Beljonne David, Curutchet Carles, Scholes Gregory D, Silbey Robert J
Laboratory for Chemistry of Novel Materials, Center for Research on Molecular Electronics and Photonics, University of Mons-Hainaut, Place du Parc 20, B-7000 Mons Belgium.
J Phys Chem B. 2009 May 14;113(19):6583-99. doi: 10.1021/jp900708f.

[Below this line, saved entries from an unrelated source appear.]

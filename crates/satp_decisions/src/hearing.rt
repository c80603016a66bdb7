ghost use Rattle.std.specs.Prelude.{◌≡◌, IfErr, IfOk, Option};
ghost use Rattle.satp_base.specs.declared.message.Message.{Message as MessageOf};
ghost use Rattle.satp_sides.specs.Calls.{Hears, IsEntryOf, IsOwn};
ghost use Rattle.satp_points.specs.Deciding.{Decides};
ghost use Rattle.satp_decisions.specs.Tests.{DecidesMessage, HasEntry, IsHeld, IsOfTestOrMemory};

use crate::addressed::addressed;
use crate::on_chain::on_chain;
use crate::recovering::{recover, succeed, update};
use satp_base::Body;
use satp_chain::Signed;
use satp_log::Log;
use satp_points::{Decision, Refused};
use std::alloc::Global;

/// A message is heard of the peer.
///
/// In this order: `Receiver` comes where it isn't from the peer to this gateway; `Strange` where the session is of neither gateway, or is of this one and no record names it;
/// `Chain` with the verdict on a message of the chain that is neither its next nor one that it has, and `Recovery` where what the peer says of its chain in a recovery
/// round is refused; `Full` where a session would begin and 2,048 sessions were accepted. `Memory` may come once the message is rightly addressed.
pub fn message(alloc: Global, log: &Log, heard: Signed) -> Result<Decision, Refused>
    requires own { IsOwn log.now.setup.key heard.text heard.message }
    requires holds { IsHeld log.now }
    ensures decides { (e : Option MessageOf) → IsEntryOf log.now.setup.key heard.message.body e → Decides (Hears heard.message heard.text e) log.now result }
    // so there is an entry that `decides` speaks of
    ensures entry { IfOk result (λ _. HasEntry log.now.setup.key heard.message.body) }
    ensures only { IfErr result IsOfTestOrMemory }
{
    match addressed(log, &heard.message) {
        Ok(()) => by_body(alloc, log, heard),
        Err(refused) => Err(refused),
    }
}

/// A message that is rightly addressed, by its body.
fn by_body(alloc: Global, log: &Log, heard: Signed) -> Result<Decision, Refused>
    requires own { IsOwn log.now.setup.key heard.text heard.message }
    requires holds { IsHeld log.now }
    ensures decides { (e : Option MessageOf) → IsEntryOf log.now.setup.key heard.message.body e → DecidesMessage heard.message heard.text e log.now result }
    ensures entry { IfOk result (λ _. HasEntry log.now.setup.key heard.message.body) }
    ensures only { IfErr result IsOfTestOrMemory }
{
    match &heard.message.body {
        Body::Chain { .. } => (),
        Body::Recover { length, last } => return recover(alloc, log, &heard, *length, *last),
        Body::Update { length, entries } => return update(alloc, log, &heard, *length, entries),
        Body::Success { length, last } => return succeed(log, &heard, *length, *last),
    }
    on_chain(alloc, log, heard)
}
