ghost use Rattle.std.specs.Prelude.{◌≡◌, IfErr};
ghost use Rattle.satp_base.specs.Founding.{equal_names};
ghost use Rattle.satp_base.specs.Roles.{negate};
ghost use Rattle.satp_sides.specs.Calls.{is_misaddressed, is_named, is_strange};
ghost use Rattle.satp_log.specs.Journals.{party_of};
ghost use Rattle.satp_decisions.specs.Tests.{AnswersTest, IsOfTest, OverLog, address_refusal};

use satp_base::{Message, Name, SessionId};
use satp_log::Log;
use satp_points::Refused;
use satp_records::Setup;

/// The tests of a message before its body is looked at.
///
/// `Receiver` comes where it isn't from the peer to this gateway, else `Strange` where the session is of neither gateway, or is of this one and no record names it.
pub fn addressed(log: &Log, message: &Message) -> Result<(), Refused>
    ensures tests { OverLog log.now (λ p xs. AnswersTest (address_refusal p xs message.now) result) }
    ensures only { IfErr result IsOfTest }
{
    if !is_addressed(log.setup(), message) {
        return Err(Refused::Receiver);
    }
    if is_strange(log, message.session) {
        return Err(Refused::Strange {
            session: message.session,
        });
    }
    Ok(())
}

/// Whether the message is from the peer to this gateway.
pub fn is_addressed(setup: &Setup, message: &Message) -> bool
    ensures { negate result ≡ is_misaddressed (party_of setup.now) message.now }
{
    is_same(message.receiver, setup.name) && is_same(message.sender, setup.peer)
}

/// Whether the session is of neither gateway, or is of this one and no record names it.
fn is_strange(log: &Log, session: SessionId) -> bool
    ensures { OverLog log.now (λ p xs. result ≡ is_strange p xs session) }
{
    let setup = log.setup();
    if is_same(session.gateway, setup.name) {
        !is_named(log, session)
    } else {
        !is_same(session.gateway, setup.peer)
    }
}

/// Whether a record names the session.
fn is_named(log: &Log, session: SessionId) -> bool
    ensures { OverLog log.now (λ p xs. result ≡ is_named session xs) }
{
    match log.find(session) {
        Some(_) => true,
        None => false,
    }
}

fn is_same(a: Name, b: Name) -> bool
    ensures { result ≡ equal_names a b }
{
    a == b
}
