ghost use Rattle.std.specs.Prelude.{◌≡◌, ◌≤◌, IfErr, None, Ok, Some};
ghost use Rattle.satp_base.specs.Roles.{IsReached, RoleRule, abort_of, rescues};
ghost use Rattle.satp_base.specs.declared.record.Rec.{Rec as RecOf};
ghost use Rattle.satp_base.specs.declared.session.SessionId.{SessionId as Session};
ghost use Rattle.satp_sides.specs.Calls.{Aborts, Rescues, Starts, Works};
ghost use Rattle.satp_sides.specs.Points.{slot_in};
ghost use Rattle.satp_points.specs.Deciding.{Decides, DecidesOver};
ghost use Rattle.satp_decisions.specs.Tests.{IsOfTest};
ghost use Rattle.satp_decisions.specs.Steps.{OverGateways, first_noted, first_rescued};

use satp_base::{Rec, Role, SessionId, Terms, TooLate, View};
use satp_log::Log;
use satp_points::{Decision, First, Refused, Replying};

/// The most sessions that a gateway begins in each role.
pub(crate) const MOST_SESSIONS: u32 = 2048;

/// A session of the gateway's own name begins, with the proposal of these terms.
///
/// `Exists` comes where a record names the session, else `Full` where 2,048 sessions were started here.
pub fn start(log: &Log, number: u32, terms: &Terms) -> Result<Decision, Refused>
    requires { 1 ≤ number }
    ensures decides { (s : Session) → s.gateway ≡ log.now.setup.name → s.number ≡ number → Decides (Starts s terms.now) log.now result }
    ensures only { IfErr result IsOfTest }
{
    let session = own_session(log, number);
    match log.find(session) {
        Some(_) => Err(Refused::Exists),
        None => propose(log, session, *terms),
    }
}

/// The session of the gateway's own name with this number.
fn own_session(log: &Log, number: u32) -> SessionId
    requires { 1 ≤ number }
    ensures { (s : Session) → s.gateway ≡ log.now.setup.name → s.number ≡ number → s ≡ result }
{
    SessionId {
        gateway: log.setup().name,
        number,
    }
}

/// A session of the gateway's own name, which no record names, begins.
fn propose(log: &Log, session: SessionId, terms: Terms) -> Result<Decision, Refused>
    ensures decides { OverGateways log.now (λ p xs. slot_in session xs ≡ None → session.gateway ≡ p.name → DecidesOver p xs (Starts session terms) result) }
    ensures only { IfErr result IsOfTest }
{
    if log.started() >= MOST_SESSIONS {
        return Err(Refused::Full {
            count: MOST_SESSIONS,
        });
    }
    Ok(Decision::Works {
        session,
        first: First::Begins {
            role: Role::Origin,
            terms,
        },
        replying: Replying::LastOwn,
    })
}

/// The due work of a session is done, and the reply is the chain's last text, unless the chain is whole.
///
/// `Strange` comes where no record names the session.
pub fn work(log: &Log, session: SessionId) -> Result<Decision, Refused>
    ensures decides { Decides (Works session) log.now result }
    ensures only { IfErr result IsOfTest }
{
    match log.find(session) {
        Some(_) => Ok(Decision::Works {
            session,
            first: First::Nothing,
            replying: Replying::LastUnlessWhole,
        }),
        None => Err(Refused::Strange { session }),
    }
}

/// A session turns back, unless it is on its way back already. There is no reply.
///
/// `Strange` comes where no record names the session, else `TooLate` where the message at its place decides the session.
pub fn abort(log: &Log, session: SessionId) -> Result<Decision, Refused>
    ensures decides { Decides (Aborts session) log.now result }
    ensures only { IfErr result IsOfTest }
{
    match log.find(session) {
        Some(state) => match abort_of(state.view()) {
            Ok(rec) => Ok(Decision::Works {
                session,
                first: noted(rec),
                replying: Replying::Nothing,
            }),
            Err(late) => Err(Refused::TooLate { place: late.place }),
        },
        None => Err(Refused::Strange { session }),
    }
}

/// A recovery round begins, where the role's rule allows it, and the reply says how long the chain is.
///
/// `Strange` comes where no record names the session.
pub fn rescue(log: &Log, session: SessionId) -> Result<Decision, Refused>
    ensures decides { Decides (Rescues session) log.now result }
    ensures only { IfErr result IsOfTest }
{
    match log.find(session) {
        Some(state) => Ok(Decision::Works {
            session,
            first: rescued(state.view()),
            replying: Replying::Recover,
        }),
        None => Err(Refused::Strange { session }),
    }
}

/// What the role answers that is asked to turn back.
fn abort_of(view: &View) -> Result<Option<Rec>, TooLate>
    ensures same { result ≡ abort_of view.now.role view.now }
    // the record that it gives may come
    ensures allowed { IsReached view.now.role view.now → (r : RecOf) → abort_of view.now.role view.now ≡ Ok (Some r) → RoleRule view.now.role view.now r }
{
    match view.role {
        // The laws do nothing. They say that the record may come.
        Role::Origin => {
            satp_origin::law_aborts();
            satp_origin::abort(view)
        }
        Role::Recipient => {
            satp_recipient::law_aborts();
            satp_recipient::abort(view)
        }
    }
}

/// The first record is this one, without a message, if there is one.
fn noted(rec: Option<Rec>) -> First
    ensures { result ≡ first_noted rec }
{
    match rec {
        Some(rec) => First::Note { rec },
        None => First::Nothing,
    }
}

/// The first record says that an undecided origin is in a recovery round.
pub(crate) fn rescued(view: &View) -> First
    ensures { result ≡ first_rescued view.now }
{
    if rescues(view) {
        First::Note { rec: Rec::Rescue }
    } else {
        First::Nothing
    }
}

/// Whether the side may enter a recovery round.
fn rescues(view: &View) -> bool
    ensures { result ≡ rescues view.now.role view.now }
{
    match view.role {
        Role::Origin => satp_origin::allows(view, &Rec::Rescue),
        Role::Recipient => false,
    }
}
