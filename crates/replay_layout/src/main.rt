// Lays out stored lists and writes each answer with the output after it.
// tests/make_replay_layout.py makes them and, from format.rs and from the specification, what is expected.
#![tactic(auto)]

use console::{Left, buffer, read_full, replay};
use format_source::format_source_with_shebang;
use format_tokens::{LayoutError, Text, format_tokens_with};
use rows::{OptionNumbers, ROW_BYTES};
use shared::refusal::Refused;
use std::io;

fn main(rt: HostRuntime) -> io::Result<()> {
    let mut input = buffer::<1048576>();
    // Room for 65,536 rows, one more than a layout takes.
    let mut rows = buffer::<1048576>();
    let mut out = [0u8; 65536];
    let size = read_full(&mut rt.reader(), &mut input)?;
    replay(
        &input[..size],
        |left| replay_case(&rt, left, &mut rows, &mut out),
    )
}

// Which call a case makes.
#[derive(Clone, Copy)]
enum Call {
    // `format_tokens_with`, with these options.
    Layout { options: OptionNumbers },
    // `format_source_with_shebang`.
    Source,
}

// A case: the call, and what it is given.
#[derive(Clone, Copy)]
struct Case<'a> {
    call: Call,
    row_bytes: usize,
    text: &'a [u8],
    source: &'a [u8],
    out_size: usize,
}

// Replays the next case, and returns whether it was whole.
fn replay_case(
    rt: &impl Print,
    left: &mut Left<'_>,
    rows: &mut [u8],
    out: &mut [u8],
) -> io::Result<bool> {
    let Some(case) = take_case(left, rows) else {
        return Ok(false);
    };
    replay_call(rt, case, rows, out)?;
    Ok(true)
}

// Takes the next case, whose rows go into `rows`. A case is a letter for the call (L `format_tokens_with`, S
// `format_source_with_shebang`), the four options, the sizes of the output and of the rows, in bytes, how many
// rows stand in the case, which are repeated until their size is reached, the sizes of the text and of the
// source, the rows, the text, the source and a line feed. Numbers are decimal, each with one byte after it.
fn take_case<'a>(left: &mut Left<'a>, rows: &mut [u8]) -> Option<Case<'a>> {
    let letter = *left.take(2)?.first()?;
    let options = OptionNumbers {
        style: left.wrapping_number(),
        indent_width: left.wrapping_number(),
        signature_width: left.wrapping_number(),
        list_width: left.wrapping_number(),
    };
    let out_size = left.wrapping_number() as usize;
    let row_bytes = left.wrapping_number() as usize;
    let row_count = left.wrapping_number() as usize;
    let text_size = left.wrapping_number() as usize;
    let source_size = left.wrapping_number() as usize;
    take_rows(left, row_count, rows, row_bytes)?;
    let text = left.take(text_size)?;
    let source = left.take(source_size)?;
    left.take(1)?;
    let call = if letter == b'S' {
        Call::Source
    } else {
        Call::Layout { options }
    };
    Some(Case {
        call,
        row_bytes,
        text,
        source,
        out_size,
    })
}

// Takes so many rows into the first places of `rows`, four numbers each, and repeats them up to `size`.
fn take_rows(left: &mut Left<'_>, count: usize, rows: &mut [u8], size: usize) -> Option<()> {
    let taken = count.checked_mul(ROW_BYTES)?;
    for number in rows.get_mut(..taken)?.chunks_exact_mut(4) {
        number.copy_from_slice(&left.wrapping_number().to_le_bytes());
    }
    let used = rows.get_mut(..size)?;
    if let Some((first, others)) = used.split_at_mut_checked(taken) {
        repeat(first, others);
    }
    Some(())
}

// Repeats what stands in `first` until `others` is full.
fn repeat(first: &[u8], others: &mut [u8]) {
    if first.is_empty() {
        return;
    }
    for part in others.chunks_mut(first.len()) {
        for (to, from) in part.iter_mut().zip(first.iter()) {
            *to = *from;
        }
    }
}

// Makes the call. The output is filled before it, so that what is unchanged can be told from what is zeroed.
fn replay_call(rt: &impl Print, case: Case<'_>, rows: &[u8], out: &mut [u8]) -> io::Result<()> {
    let Some(rows) = rows.get(..case.row_bytes) else {
        return Ok(());
    };
    let Some(out) = out.get_mut(..case.out_size) else {
        return Ok(());
    };
    out.fill(b'~');
    let answer = match case.call {
        Call::Source => format_source_with_shebang(case.source, rows, case.text, out),
        Call::Layout { options } => format_tokens_with(rows, case.text, out, options),
    };
    print_answer(rt, answer)?;
    rt.write_all(out)?;
    println!(rt)
}

// Writes the refusal, or 0, and the report's three numbers.
fn print_answer(rt: &impl Print, answer: Result<Text, LayoutError>) -> io::Result<()> {
    match answer {
        Ok(
            Text {
                length,
                commas,
                plain,
            },
        ) => println!(rt; "0 {length} {commas} {}", u8::from(plain)),
        Err(error) => println!(rt; "{} 0 0", Refused::from(error)),
    }
}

After photoexcitation, energy absorbed by a molecule can be transferred efficiently over a distance of up to several tens of angstroms to another molecule by the process of resonance energy transfer, RET (also commonly known as electronic energy transfer, EET). Examples of where RET is observed include natural and artificial antennae for the capture and energy conversion of light, amplification of fluorescence-based sensors, optimization of organic light-emitting diodes, and the measurement of structure in biological systems (FRET). Forster theory has proven to be very successful at estimating the rate of RET in many donor-acceptor systems, but it has also been of interest to discover when this theory does not work. By identifying these cases, researchers have been able to obtain, sometimes surprising, insights into excited-state dynamics in complex systems. In this article, we consider various ways that electronic energy transfer is promoted by mechanisms beyond those explicitly considered in Forster RET theory. First, we recount the important situations when the electronic coupling is not accurately calculated by the dipole-dipole approximation. Second, we examine the related problem of how to describe solvent screening when the dipole approximation fails. Third, there are situations where we need to be careful about the separability of electronic coupling and spectral overlap factors. For example, when the donors and/or acceptors are molecular aggregates rather than individual molecules, then RET occurs between molecular exciton states and we must invoke generalized Forster theory (GFT). In even more complicated cases, involving the intermediate regime of electronic energy transfer, we should consider carefully nonequilibrium processes and coherences and how bath modes can be shared. Lastly, we discuss how information is obscured by various forms of energetic disorder in ensemble measurements and we outline how single molecule experiments continue to be important in these instances.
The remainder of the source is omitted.